Elders receive inferior care

Study shows elderly Hispanic patients recieve slightly lower quality care in three crucial areas

Elderly Hispanics throughout the country tend to get inferior care, according to a Harvard School of Public Health study. The study showed that Medicare data from 2004 reveals that hospitals with high percentages of Hispanic patients tend to have slightly lower quality indicators in three crucial areas: heart attacks, congestive heart failure and pneumonia.
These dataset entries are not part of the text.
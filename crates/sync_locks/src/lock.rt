//! `Lock`, one lock.
ghost use Rattle.std.specs.Prelude.{◌≡◌, ◌≢◌, ◌↔◌, true, false, Some, None, OnOk, OnErr, IsErr, IsSome, IsSomeAnd, ◌⊎◌};
ghost use Rattle.xs_model.specs.Record.{unused_lock};
ghost use Rattle.xs_model.specs.Syncs.{is_thread, got_lock, free_lock, claimed, released, freed_lock};
ghost use Rattle.sync_locks.specs.declared.answers.Claim.TheVariants as claim;
ghost use Rattle.sync_locks.specs.Answers.{claim_answer};
ghost use Rattle.sync_locks.specs.Syncs.{lock_after, lock_after_claim};
ghost use Rattle.sync_locks.specs.States.{lock_state, lock_of};

use crate::answers::{Bad, Claim};
use crate::state::LockState;
use std::marker::Model;

/// A lock: whether it is in use, and its owner, if it has one. One that a snapshot gave may have an owner though it is not in
/// use. Contracts see it as a `LockRec` of `Rattle.xs_model.specs.Record`.
#[derive(Drop)]
pub(crate) struct Lock {
    used: bool,
    owner: Option<u8>,
}

impl Model for Lock {
    ghost use Rattle.xs_model.specs.Record.{LockRec};

    ghost Value = { LockRec };

    ghost view = { λ lock. record { used = lock.used; owner = lock.owner } };
}

impl Default for Lock {
    ghost use Rattle.std.specs.Prelude.{◌≡◌};
    ghost use Rattle.xs_model.specs.Record.{unused_lock};

    ghost is_default = { λ lock. lock ≡ unused_lock };

    fn default() -> Self {
        Lock {
            used: false,
            owner: None,
        }
    }
}

impl Lock {
    /// Puts it in use; its owner stays.
    pub(crate) fn get(&mut self)
        ensures { self.new ≡ got_lock self.old }
    {
        self.used = true;
    }

    pub(crate) fn is_used(&self) -> bool
        ensures { result ≡ self.now.used }
    {
        self.used
    }

    pub(crate) fn owner(&self) -> Option<u8>
        ensures { result ≡ self.now.owner }
    {
        self.owner
    }

    /// A thread would own it.
    pub(crate) fn claim(&mut self, by: u8) -> Claim
        ensures answer { result ≡ claim_answer (claimed by self.old) }
        ensures after { self.new ≡ lock_after_claim self.old (claimed by self.old) }
        ensures got { (result ≡ claim.Got) ↔ ((self.old.used ≡ true) × (self.old.owner ≡ None)) }
        ensures held { (result ≡ claim.Held) ↔ ((self.old.used ≡ true) × IsSomeAnd self.old.owner (λ owner. owner ≢ by)) }
        ensures bad { (result ≡ claim.Bad) ↔ ((self.old.used ≡ false) ⊎ (self.old.owner ≡ Some by)) }
    {
        if !self.used {
            return Claim::Bad;
        }
        match self.owner {
            None => {
                self.owner = Some(by);
                Claim::Got
            }
            Some(owner) if owner == by => Claim::Bad,
            Some(_) => Claim::Held,
        }
    }

    /// Its owner gives it up: refused exactly where it is not in use, or the thread is not its owner.
    pub(crate) fn release(&mut self, by: u8) -> Result<(), Bad>
        ensures ok { OnOk result (released by self.old ≡ Some free_lock) }
        ensures err { OnErr result (released by self.old ≡ None) }
        ensures after { self.new ≡ lock_after self.old (released by self.old) }
        ensures bad { IsErr result ↔ ((self.old.used ≡ false) ⊎ (is_thread by self.old.owner ≡ false)) }
    {
        if !self.used || self.owner != Some(by) {
            return Err(Bad);
        }
        self.owner = None;
        Ok(())
    }

    /// Puts it out of use: refused exactly where it is not in use, or a thread owns it.
    pub(crate) fn free(&mut self) -> Result<(), Bad>
        ensures ok { OnOk result (freed_lock self.old ≡ Some unused_lock) }
        ensures err { OnErr result (freed_lock self.old ≡ None) }
        ensures after { self.new ≡ lock_after self.old (freed_lock self.old) }
        ensures bad { IsErr result ↔ ((self.old.used ≡ false) ⊎ IsSome self.old.owner) }
    {
        if !self.used || self.owner.is_some() {
            return Err(Bad);
        }
        self.used = false;
        Ok(())
    }

    /// What a snapshot keeps of it.
    pub(crate) fn state(&self) -> LockState
        ensures { result ≡ lock_state self.now }
    {
        LockState {
            used: self.used,
            owner: self.owner,
        }
    }

    /// The lock that a snapshot keeps.
    pub(crate) fn of_state(state: LockState) -> Lock
        ensures { result ≡ lock_of state }
    {
        Lock {
            used: state.used,
            owner: state.owner,
        }
    }
}
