//! The run.
ghost use Rattle.std.specs.Prelude.{◌≡◌, ◌+◌, ◌≤◌, Some, length, IfOk};
ghost use Rattle.run_counts.specs.Tallies.{AreNothing};
ghost use Rattle.run_counts.specs.Counted.{AreCounted};

use crate::nodes::NodeCounts;
use std::alloc::{AllocError, Global};
use sys_plan::{NodePlan, Plan};
use told_run::ToldRun;

/// What is counted in a run of so many slots by a plan: of each node, by position. The error is want of memory.
pub fn count_run(alloc: Global, plan: &Plan, slots: u32) -> Result<Vec<NodeCounts>, AllocError>
    ensures counted { IfOk result (λ counts. AreCounted plan.now slots counts.items) }
{
    plan.keeps();
    let mut all = no_counts(alloc, plan.nodes())?;
    let mut run = ToldRun::new(alloc, plan)?;
    for slot in 0..slots {
        run.step()?;
        count_slot(&run, plan.nodes(), slot, &mut all);
    }
    Ok(all)
}

// Nothing, of each of some nodes. The error is want of memory.
fn no_counts(alloc: Global, nodes: &[NodePlan]) -> Result<Vec<NodeCounts>, AllocError>
    ensures none { IfOk result (λ counts. AreNothing nodes.now counts.items) }
{
    let mut all = Vec::new(alloc);
    for node in nodes {
        all.push(NodeCounts::new(alloc, node)?)?;
    }
    Ok(all)
}

// Counts a slot, which the run has passed and tells; these are the nodes of its plan.
fn count_slot(run: &ToldRun, nodes: &[NodePlan], slot: u32, all: &mut [NodeCounts])
    requires nodes { run.now.plan.nodes ≡ nodes.now }
    requires few { length nodes.now ≤ 16 }
    requires told { run.now.slot ≡ Some slot }
    requires passed { run.now.now ≡ slot + 1 }
    requires before { AreCounted run.now.plan slot all.old }
    ensures counted { AreCounted run.now.plan (slot + 1) all.new }
{
    for n in 0..nodes.len() {
        all[n].count(run, slot, n as u8, &nodes[n]);
    }
}
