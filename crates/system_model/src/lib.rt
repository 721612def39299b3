//! What a system text stands for, or how it is refused: definitions alone, with the plain types that they speak of. See
//! docs/SYSTEM_TEXT.md.
#![tactic(auto)]

mod cut_text;
mod first_fault;
mod frame_line;

pub use cut_text::cut_texts_are_refused;
pub use first_fault::least_faulty_line_decides;
pub use frame_line::{
    BitLine, EndName, FrameLine, GivenNode, LinkLine, NodeLine, PinName, PlayLine, SectionKind,
    WireLine,
};

/// Why the frame of a system text is refused. See docs/SYSTEM_TEXT.md.
#[derive(Clone, Copy, PartialEq, Eq, Debug)]
pub enum SysKind {
    /// S1: the first line with words is not `xs1 1` or `xs1 2`, or there is none.
    FirstLine,
    /// S2: a line that has no known form, or a byte that is not allowed.
    BadLine,
    /// S3: a node's number, a node's source, `pins` or `play` is given twice.
    GivenTwice,
    /// S4: two nodes have one id.
    IdTwice,
    /// S5: a link end stands in two links, or twice in a bit's line.
    LinkEndTwice,
    /// S6: a link joins a node to itself.
    LinkToItself,
    /// S7: a number outside its range.
    NumberOutOfRange,
    /// S8: a node has no source.
    NodeWithoutSource,
    /// S9: a section has no line `end`.
    SectionNotEnded,
    /// S10: more than 4,194,304 bytes.
    TooLong,
    /// S11: a bit of a node is given twice.
    BitTwice,
    /// S12: a node or an end that no earlier line gave.
    NoSuchNode,
    /// S13: the 17th node, or the 49th link.
    TooMany,
    /// S14: a wire joins two pins of one node.
    WireWithinNode,
    /// S15: a wire joins pins of ports of two widths.
    WidthsDiffer,
    /// S16: two wires lead to one pin.
    PinWiredTwice,
    /// S17: the 33rd wire.
    TooManyWires,
}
However, researchers acknowledged that the findings may not apply to Miami-Dade County, where 60 percent of the population is Hispanic and Hispanic patients make up the majority of the patients in the region’s hospitals. More than half of Hispanics get treated at 5 percent of the nation’s hospitals, the study found. The most recent census data, from 2006, indicates nearly 15 percent of the nation is Hispanic.

The findings indicate that in most areas of the country, Hispanics tend to be treated at hospitals that have a much higher percentage of patients on Medicaid, the state-federal health insurance for the poor that tends to pay much less for care than does private insurance or Medicare, the program for the elderly and disabled. Among other things, that means staffing levels are stressed, and each nurse needs to handle more patients. Most experts advocate better funding for Medicaid as one way to handle the disparity problem.